From owner-freebsd-current  Mon Oct 28  0:55: 9 2002
Delivered-To: freebsd-current@freebsd.org
Received: from mx1.FreeBSD.org (mx1.freebsd.org [216.136.204.125])
	by hub.freebsd.org (Postfix) with ESMTP
	id 21CD637B401; Mon, 28 Oct 2002 00:55:07 -0800 (PST)
Received: from apollo.backplane.com (apollo.backplane.com [216.240.41.2])
	by mx1.FreeBSD.org (Postfix) with ESMTP
	id 9C62E43E42; Mon, 28 Oct 2002 00:55:06 -0800 (PST)
	(envelope-from dillon@apollo.backplane.com)
Received: from apollo.backplane.com (localhost [127.0.0.1])
	by apollo.backplane.com (8.12.5/8.12.5) with ESMTP id g9S8svFC094313;
	Mon, 28 Oct 2002 00:54:57 -0800 (PST)
	(envelope-from dillon@apollo.backplane.com)
Received: (from dillon@localhost)
	by apollo.backplane.com (8.12.5/8.12.5/Submit) id g9S8svSr094312;
	Mon, 28 Oct 2002 00:54:57 -0800 (PST)
	(envelope-from dillon)
Date: Mon, 28 Oct 2002 00:54:57 -0800 (PST)
From: Matthew Dillon <dillon@apollo.backplane.com>
Message-Id: <200210280854.g9S8svSr094312@apollo.backplane.com>
To: Jeff Roberson <jroberson@chesapeake.net>
Cc: Seigo Tanimura <tanimura@axe-inc.co.jp>,
	Bruce Evans <bde@zeta.org.au>, <current@FreeBSD.ORG>,
	<tanimura@FreeBSD.ORG>
Subject: Re: Dynamic growth of the buffer and buffer page reclaim
References:  <20021023163758.R22147-100000@mail.chesapeake.net>
Sender: owner-freebsd-current@FreeBSD.ORG
Precedence: bulk
List-ID: <freebsd-current.FreeBSD.ORG>
List-Archive: <http://docs.freebsd.org/mail/> (Web Archive)
List-Help: <mailto:majordomo@FreeBSD.ORG?subject=help> (List Instructions)
List-Subscribe: <mailto:majordomo@FreeBSD.ORG?subject=subscribe%20freebsd-current>
List-Unsubscribe: <mailto:majordomo@FreeBSD.ORG?subject=unsubscribe%20freebsd-current>
X-Loop: FreeBSD.ORG

:I was going to comment on fragmentation issues, but that seems to have
:been very well covered.  I would like to point out that removing the
:buffer_map not only contributes to kernel map fragmentation, but also
:contention for the kernel map.  It might also prevent us from removing
:giant from the kernel map because it would add another interrupt time
:consumer.

    Yes.  Whatever the case any sort of temporary KVA mapping management
    system would need its own submap.  It would be insane to use the
    kernel_map or kmem_map for this.

    In regards to Seigo's patch:

    The scaleability issue is entirely related to the KVA mapping portion
    of the buffer cache.  Only I/O *WRITE* performance is specifically
    limited by the size of the buffer_map, due to the limited number of
    dirty buffers allowed in the map.  This in turn is a restriction
    required by filesystems which must keep track of 'dirty' buffers
    in order to sequence out writes.  Currently the only way around this
    limitation is to use mmap/MAP_NOSYNC.  In otherwords, we support
    dirty VM pages that are not associated with the buffer cache but
    most of the filesystem algorithms are still based around the
    assumption that dirty pages will be mapped into dirty buffers.
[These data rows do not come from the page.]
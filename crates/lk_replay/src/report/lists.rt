//! Lists of threads as text, each number after a comma, into which a number is put where a thread
//! joins, and out of which it is taken where one leaves.

ghost use Rattle.std.specs.Prelude.{◌≡◌, ◌+◌, ◌++◌, ◌∷◌, ◌<◌, ◌≤◌, [], IsTrue, length, take, ℕ};
ghost use Rattle.std.specs.Prelude.{List, None, drop, false};
ghost use Rattle.lk_locks.specs.Holding.{shared_by};
ghost use Rattle.lk_locks.specs.Sequential.{has, is_head, with_reader, without_reader};
ghost use Rattle.lk_replay.specs.Occupancy.{AreReaders, IsQueue, below, numbers_in};
ghost use Rattle.lk_replay.specs.Report.{holding_text, later_numbers, queue_text};

use crate::report::numerals::{thread_block, width};
use crate::report::text::{Text, put};
use std::marker::Model;

/// The requests of a queue lock, oldest first.
#[derive(Drop)]
pub struct Requests {
    text: Text,
}

impl Model for Requests {
    ghost Value = { List ℕ };

    ghost view = { λ a. numbers_in a.text };

    ghost invariant = { λ a. IsQueue a.text };
}

impl Requests {
    /// No request.
    pub fn new() -> Requests
        ensures { result ≡ [] }
    {
        Requests { text: Text::new() }
    }

    /// Appends a thread.
    pub fn join(&mut self, thread: u8)
        requires few { length self.old < 64 }
        requires fits { thread < 64 }
        ensures { self.new ≡ self.old ++ thread ∷ [] }
    {
        let (block, len) = thread_block(b',', thread);
        self.text.push_block(&block, len);
    }

    /// Removes the queue's head.
    pub fn leave(&mut self, thread: u8)
        requires { IsTrue (is_head self.old thread) }
        ensures { self.new ≡ drop 1 self.old }
    {
        self.text.remove(0, width(thread) + 1);
    }

    /// Puts the queue into a line, from `at` on, and returns where it ends.
    pub fn put(&self, line: &mut [u8], at: usize) -> usize
        requires { at + 320 ≤ length line.old }
        ensures text { take result line.new ≡ take at line.old ++ queue_text self.now }
        ensures most { result ≤ at + 320 }
    {
        if self.text.is_empty() {
            put(line, at, b"-")
        } else {
            self.text.put_rest(line, at)
        }
    }
}

/// The readers, in ascending order. They are also kept as bits: counting those of the lower threads
/// gives a reader's place in the text, without a look at the readers before it.
#[derive(Drop)]
pub struct Readers {
    text: Text,
    bits: u64,
}

impl Model for Readers {
    ghost Value = { List ℕ };

    ghost view = { λ a. numbers_in a.text };

    ghost invariant = { λ a. AreReaders a.text a.bits };
}

impl Readers {
    /// No reader.
    pub fn new() -> Readers
        ensures { result ≡ [] }
    {
        Readers {
            text: Text::new(),
            bits: 0,
        }
    }

    // The place of a thread's number in the text, or the one that it would have. A number below 10
    // takes 2 bytes with its comma, and each other 3.
    fn place_of(&self, thread: u8) -> usize
        requires { thread < 64 }
        ensures { result ≡ length (later_numbers (below self.now thread)) }
    {
        let below = self.bits % (1 << thread);
        let short = below % 1024;
        3 * below.count_ones() as usize - short.count_ones() as usize
    }

    /// Puts a thread in.
    pub fn join(&mut self, thread: u8)
        requires few { length self.old < 64 }
        requires fits { thread < 64 }
        requires absent { has self.old thread ≡ false }
        ensures { self.new ≡ with_reader self.old thread }
    {
        let at = self.place_of(thread);
        let (block, len) = thread_block(b',', thread);
        self.text.insert(at, &block, len);
        self.bits += 1 << thread;
    }

    /// Takes a thread out.
    pub fn leave(&mut self, thread: u8)
        requires fits { thread < 64 }
        requires present { IsTrue (has self.old thread) }
        ensures { self.new ≡ without_reader self.old thread }
    {
        let at = self.place_of(thread);
        self.text.remove(at, width(thread) + 1);
        self.bits -= 1 << thread;
    }

    /// Puts the readers into a line, from `at` on, and returns where they end.
    pub fn put(&self, line: &mut [u8], at: usize) -> usize
        requires { at + 321 ≤ length line.old }
        ensures text { take result line.new ≡ take at line.old
            ++ holding_text (shared_by self.now None) }
        ensures most { result ≤ at + 321 }
    {
        if self.text.is_empty() {
            put(line, at, b"-")
        } else {
            let at = put(line, at, b"r");
            self.text.put_rest(line, at)
        }
    }
}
    I/O *READ* caching is limited only by the VM Page cache.   
    The reason you got slightly better numbers with your patch
    has nothing to do with I/O performance, it is simply related to 
    the cost of the buffer instantiations and teardowns that occur in
    the limit buffer_map space mapping pages out of the VM page cache.
    Since you could have more buffers, there were fewer instantiations
    and teardowns.  It's that simple.

    Unfortunately, this performance gain is *DIRECTLY* tied to the number
    of pages wired into the buffer cache.  It is precisely the wired pages
    portion of the instantiation and teardown that eats the extra cpu.
    So the moment you regulate the number of wired pages in the system, you
    will blow the performance you are getting.

    I can demonstrate the issue with a simple test.  Create a large file
    with dd, larger then physical memory:

    dd if=/dev/zero of=test bs=1m count=4096	# create a 4G file.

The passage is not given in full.